» **TASK REQUIREMENTS**: Each line of the data below from the one holding "before, after, frame);" to the one holding "self.new.to_come ≡ spec.first_to_come", inclusive, is to be reproduced exactly; no other line belongs in the answer.

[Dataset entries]
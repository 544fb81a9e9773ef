//! The station of a conversion: the one that is named, or else the first one that has an observation of a system that
//! dates.

ghost use Rattle.std.specs.Prelude.{◌≡◌, ℕ, List, [], ◌∷◌, length, Option, Some, Ok, Err, true, OnOk};
ghost use Rattle.rtk_message.specs.declared.any_message.AnyMessage.{AnyMessage};
ghost use Rattle.rtk_message.specs.declared.any_fault.AnyFault.{AnyFault};
ghost use Rattle.rtk_message.specs.AnyDecoded.{station_of};
ghost use Rattle.rtk_survey.specs.BesideGps.{cells_beside_gps};
ghost use Rattle.rtk_survey.specs.CaptureDates.{no_dates};
ghost use Rattle.rtk_survey.specs.ClockSpans.{followed_with_value};
ghost use Rattle.rtk_survey.specs.StationClocks.{clocks_by_station, with_time_for, with_time_for_if_any};
ghost use Rattle.rtk_survey.specs.Counting.{shown_count};
ghost use Rattle.rtk_survey.specs.Parting as parting;
ghost use Rattle.rtk_survey.specs.ReadFrames.{ReadFrame, read_frame};
ghost use Rattle.rtk_survey.specs.Targets as spec;
ghost use Rattle.rtk_survey.specs.Targets.{IsTargetOf, IsAnswer};
ghost use Rattle.rtk_survey.specs.Tracing.{entries_of_message};
ghost use Rattle.rtk_survey.specs.declared.dating_systems.DatingSystems.{DatingSystems};
ghost use Rattle.rtk_survey.specs.declared.target.Target.{Target};

use crate::capture_dates::CaptureDates;
use crate::clock_marks::{ClockMarks, marks_in};
use crate::clock_spans::{FollowedTime, followed_with_value};
use crate::date_message::{DateMessage, date_in};
use crate::dating_systems::DatingSystems;
use crate::equipment_message::{EquipmentMessage, equipment_in};
use crate::parting::Parting;
use crate::phases::Phases;
use crate::signals::have_value;
use crate::station_clocks::{StationClocks, no_clocks_followed, take_followed_time};
use crate::system_msm::gives_value;
use crate::system_phases::SystemPhases;
use crate::tellings::Told;
use crate::to_come::told_to_come;
use rtk_message::AnyMessage;
use rtk_obs::{CellEntry, GpsMs, SignalEntry};
use std::alloc::{AllocError, Global};
use std::collections::BTreeMap;

/// For which station a capture is surveyed.
#[derive(Clone, Copy, Debug, PartialEq, Eq)]
pub struct Target {
    /// The station, if one is named.
    pub station: Option<u16>,
    /// The systems whose observations date.
    pub systems: DatingSystems,
    /// The present: no date is after it.
    pub present: GpsMs,
}

/// The station that is known, and what a capture tells of its epochs.
#[derive(Clone, Drop)]
pub struct TargetDates {
    /// The systems whose observations date.
    pub systems: DatingSystems,
    /// The station that was named, or else the first one that had an observation of such a system.
    pub station: Option<u16>,
    pub capture: CaptureDates,
}

/// When messages told an antenna and a receiver last: the time of week of the epoch before the message, in
/// ms. `None` if no epoch of the station came before it, or no such message.
#[derive(Clone, Copy, Debug, PartialEq, Eq)]
pub struct EquipmentTimes {
    /// Of a 1007, 1008 or 1033.
    pub antenna: Option<u32>,
    /// Of a 1033.
    pub receiver: Option<u32>,
}

/// What a capture tells of the station of a conversion.
#[derive(Drop)]
pub struct TargetSurvey {
    /// The present: no date is after it.
    pub present: GpsMs,
    pub dates: TargetDates,
    pub phases: Phases,
    /// When its antenna and its receiver were told last.
    pub equipment: EquipmentTimes,
    /// Where a second date begins.
    pub parting: Parting,
    /// The first message with a date, of any station, that is passed over since it is to come, with the moment that it
    /// names.
    pub to_come: Option<Told>,
    /// How far the clocks of GLONASS and BeiDou of each station go.
    pub clocks: BTreeMap<u16, StationClocks>,
    /// Its phases of other systems than GPS.
    pub system_phases: SystemPhases,
}

// Has a message with these cells an observation of GPS?
fn observes_gps(_message: &AnyMessage, entries: &[CellEntry]) -> bool
    requires { entries.now ≡ entries_of_message _message.now }
    ensures { result ≡ spec.observes_gps _message.now }
{
    have_value(entries)
}

// Has a message with these cells an observation of a system that dates?
fn observes(
    systems: &DatingSystems,
    message: &AnyMessage,
    entries: &[CellEntry],
    signals: &[SignalEntry],
) -> bool
    requires entries { entries.now ≡ entries_of_message message.now }
    requires signals { signals.now ≡ cells_beside_gps message.now }
    ensures { result ≡ spec.observes systems.now message.now }
{
    (observes_gps(message, entries) && systems.gps)
        || (gives_value(message, signals) && systems.have_part(message))
}

impl TargetDates {
    // Nothing came; this station is named, or none.
    fn new(systems: DatingSystems, station: Option<u16>) -> TargetDates
        ensures { result ≡ spec.dates_with systems station no_dates }
    {
        TargetDates {
            systems,
            station,
            capture: CaptureDates::new(),
        }
    }

    // A message more that has an observation.
    fn take_observation(&mut self, now: GpsMs, message: &AnyMessage)
        requires { spec.observes self.old.systems message.now ≡ true }
        ensures { self.new ≡ spec.with_observation now self.old message.now }
    {
        let Some(tow) = message.tow() else {
            return;
        };
        let station = message.station();
        if self.station.unwrap_or(station) == station {
            self.station = Some(station);
            self.capture.take_epoch(now, station, tow);
        }
    }

    // A message more, if it has a date.
    fn take_date(&mut self, now: GpsMs, message: Option<DateMessage>)
        ensures { self.new ≡ spec.with_date_if_any now self.old message }
    {
        let Some(message) = message else {
            return;
        };
        match self.station {
            Some(station) => self.capture.take_date(now, station, message),
            None => self.capture.wait(message),
        }
    }
}

// The time of week of the last epoch of a station, if this station is known and has one.
fn time_at(dates: &TargetDates, station: u16) -> Option<u32>
    ensures { result ≡ spec.time_at dates.now station }
{
    let Some(span) = &dates.capture.span else {
        return None;
    };
    if dates.station.unwrap_or(station) == station {
        Some(span.last_time_of_week())
    } else {
        None
    }
}

impl EquipmentTimes {
    // No message came.
    fn new() -> EquipmentTimes
        ensures { result ≡ spec.no_times }
    {
        EquipmentTimes {
            antenna: None,
            receiver: None,
        }
    }

    // A message more at this time of week.
    fn take_at(&mut self, tow: u32, has_receiver: bool)
        ensures { self.new ≡ spec.with_message_at tow has_receiver self.old }
    {
        self.antenna = Some(tow);
        if has_receiver {
            self.receiver = Some(tow);
        }
    }

    // A message more, if it tells an antenna, after these epochs.
    fn take(&mut self, dates: &TargetDates, message: Option<EquipmentMessage>)
        ensures { self.new ≡ spec.with_equipment_if_any dates.now self.old message }
    {
        let Some(message) = message else {
            return;
        };
        if let Some(tow) = time_at(dates, message.station) {
            self.take_at(tow, message.receiver.is_some());
        }
    }
}

// The first date that is to come: one that was told before, or else this one.
fn first_to_come(now: GpsMs, before: Option<Told>, message: Option<DateMessage>) -> Option<Told>
    ensures { result ≡ spec.first_to_come now before message }
{
    match (before, message) {
        (None, Some(message)) => told_to_come(now, &message),
        _ => before,
    }
}

fn take_message(
    dates: &mut TargetDates,
    now: GpsMs,
    message: &AnyMessage,
    entries: &[CellEntry],
    signals: &[SignalEntry],
)
    requires entries { entries.now ≡ entries_of_message message.now }
    requires signals { signals.now ≡ cells_beside_gps message.now }
    ensures { dates.new ≡ spec.with_observation now dates.old message.now }
{
    if observes(&dates.systems, message, entries, signals) {
        dates.take_observation(now, message);
    }
}

// Counts the phases of GPS of a message, if it is of the station that is now known.
fn take_phases(
    alloc: Global,
    phases: &mut Phases,
    station: Option<u16>,
    message: &AnyMessage,
    entries: &[CellEntry],
) -> Result<(), AllocError>
    requires { entries.now ≡ entries_of_message message.now }
    ensures { OnOk result ((systems : DatingSystems) (before : Option ℕ) (ms : List AnyMessage) → systems.gps ≡ true
        → station ≡ spec.station_after systems before message.now
        → spec.HasTargetPhases phases.old before ms → spec.HasTargetPhases phases.new station (message.now ∷ ms)) }
{
    let Some(station) = station else {
        return Ok(());
    };
    if message.station() == station {
        return phases.take_message(alloc, message, entries);
    }
    Ok(())
}

/// The epochs of a station, or before the first of them the dates that it names, if no other station is known.
pub fn marks_if_known(now: GpsMs, dates: &TargetDates, station: u16) -> Option<ClockMarks>
    ensures { result ≡ spec.marks_if_known now station dates.now }
{
    if dates.station.unwrap_or(station) == station {
        marks_in(now, station, &dates.capture)
    } else {
        None
    }
}

// A message more that tells this time of a clock that gives no epoch.
fn take_time_of(
    clocks: &mut BTreeMap<u16, StationClocks>,
    now: GpsMs,
    dates: &TargetDates,
    message: &AnyMessage,
    told: FollowedTime,
) -> Result<(), AllocError>
    ensures { OnOk result ((n : ℕ) → clocks_by_station clocks.new n
        ≡ with_time_for n (station_of message.now) (spec.marks_if_known now (station_of message.now) dates.now) told (clocks_by_station clocks.old n)) }
{
    let station = message.station();
    let marks = marks_if_known(now, dates, station);
    take_followed_time(clocks, station, &marks, told)
}

// A message more, if it has a value and tells such a clock.
fn take_clock_time(
    clocks: &mut BTreeMap<u16, StationClocks>,
    now: GpsMs,
    dates: &TargetDates,
    message: &AnyMessage,
    signals: &[SignalEntry],
) -> Result<(), AllocError>
    requires { signals.now ≡ cells_beside_gps message.now }
    ensures { OnOk result ((n : ℕ) → clocks_by_station clocks.new n
        ≡ with_time_for_if_any n (station_of message.now) (spec.marks_if_known now (station_of message.now) dates.now)
        (followed_with_value message.now) (clocks_by_station clocks.old n)) }
{
    match followed_with_value(message, signals) {
        Some(told) => take_time_of(clocks, now, dates, message, told),
        None => Ok(()),
    }
}

impl TargetSurvey {
    // Nothing came.
    fn new(alloc: Global, target: &Target) -> TargetSurvey
        ensures { IsTargetOf target.now [] result }
    {
        TargetSurvey {
            present: target.present,
            dates: TargetDates::new(target.systems, target.station),
            phases: Phases::new(alloc),
            equipment: EquipmentTimes::new(),
            parting: Parting::new(),
            to_come: None,
            clocks: no_clocks_followed(alloc),
            system_phases: SystemPhases::new(alloc, target.station),
        }
    }

    // A frame more that is this message.
    fn take_message(
        &mut self,
        alloc: Global,
        message: &AnyMessage,
        entries: &[CellEntry],
        signals: &[SignalEntry],
        frame: u64,
    ) -> Result<(), AllocError>
        requires entries { entries.now ≡ entries_of_message message.now }
        requires signals { signals.now ≡ cells_beside_gps message.now }
        ensures { OnOk result ((q : Target) (fs : List ReadFrame) (payload : List ℕ) → frame ≡ shown_count (length fs)
            → IsTargetOf q fs self.old → IsTargetOf q (read_frame payload (Ok message.now) ∷ fs) self.new) }
    {
        let present = self.present;
        take_clock_time(&mut self.clocks, present, &self.dates, message, signals)?;
        let (station, before) = (self.dates.station, self.dates.capture.span);
        take_message(&mut self.dates, self.present, message, entries, signals);
        let after = self.dates.capture.span;
        self.parting
            .take_message_of(station, message, before, after, frame);
        self.system_phases.count_phases(alloc, message, signals)?;
        take_phases(
            alloc,
            &mut self.phases,
            self.dates.station,
            message,
            entries,
        )
    }

    // A message more, if it has a date.
    fn take_date(&mut self, message: Option<DateMessage>, frame: u64)
        ensures dates { self.new.dates ≡ spec.with_date_if_any self.old.present self.old.dates message }
        ensures parting { self.new.parting ≡ parting.parting_with_date self.old.present self.old.dates.station self.old.dates.capture message frame self.old.parting }
        ensures to_come { self.new.to_come ≡ spec.first_to_come self.old.present self.old.to_come message }
        ensures others { (self.new.present ≡ self.old.present) × (self.new.phases ≡ self.old.phases) × (self.new.equipment ≡ self.old.equipment)
            × (self.new.clocks ≡ self.old.clocks) }
        ensures system_phases { self.new.system_phases ≡ self.old.system_phases }
    {
        self.to_come = first_to_come(self.present, self.to_come, message);
        let (station, capture) = (self.dates.station, &self.dates.capture);
        self.parting
            .take_date(self.present, station, capture, message, frame);
        self.dates.take_date(self.present, message);
    }

    // A frame more that is no message.
    fn take_fault(&mut self, payload: &[u8], frame: u64)
        ensures { (q : Target) (fs : List ReadFrame) (fault : AnyFault) → frame ≡ shown_count (length fs) → IsTargetOf q fs self.old
            → IsTargetOf q (read_frame payload.now (Err fault) ∷ fs) self.new }
    {
        self.equipment.take(&self.dates, equipment_in(payload));
        self.take_date(date_in(payload), frame);
    }
}

/// Nothing came.
pub(crate) fn answer_to(alloc: Global, target: Option<Target>) -> Option<TargetSurvey>
    ensures { IsAnswer target [] result }
{
    match target {
        Some(target) => Some(TargetSurvey::new(alloc, &target)),
        None => None,
    }
}

/// A frame more that is this message, if the station is asked for; so many frames came before it.
pub(crate) fn take_target_message(
    alloc: Global,
    answer: &mut Option<TargetSurvey>,
    message: &AnyMessage,
    entries: &[CellEntry],
    signals: &[SignalEntry],
    frame: u64,
) -> Result<(), AllocError>
    requires entries { entries.now ≡ entries_of_message message.now }
    requires signals { signals.now ≡ cells_beside_gps message.now }
    ensures { OnOk result ((q : Option Target) (fs : List ReadFrame) (payload : List ℕ) → frame ≡ shown_count (length fs)
        → IsAnswer q fs answer.old → IsAnswer q (read_frame payload (Ok message.now) ∷ fs) answer.new) }
{
    match answer {
        Some(survey) => survey.take_message(alloc, message, entries, signals, frame),
        None => Ok(()),
    }
}

/// A frame more that is no message, if the station is asked for; so many frames came before it.
pub(crate) fn take_target_fault(answer: &mut Option<TargetSurvey>, payload: &[u8], frame: u64)
    ensures { (q : Option Target) (fs : List ReadFrame) (fault : AnyFault) → frame ≡ shown_count (length fs) → IsAnswer q fs answer.old
        → IsAnswer q (read_frame payload.now (Err fault) ∷ fs) answer.new }
{
    if let Some(survey) = answer {
        survey.take_fault(payload, frame);
    }
}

» **RESPONSE BOX**:
            .take_message_of(station, message, before, after, frame);
        self.system_phases.count_phases(alloc, message, signals)?;
        take_phases(
            alloc,
            &mut self.phases,
            self.dates.station,
            message,
            entries,
        )
    }

    // A message more, if it has a date.
    fn take_date(&mut self, message: Option<DateMessage>, frame: u64)
        ensures dates { self.new.dates ≡ spec.with_date_if_any self.old.present self.old.dates message }
        ensures parting { self.new.parting ≡ parting.parting_with_date self.old.present self.old.dates.station self.old.dates.capture message frame self.old.parting }
        ensures to_come { self.new.to_come ≡ spec.first_to_come self.old.present self.old.to_come message }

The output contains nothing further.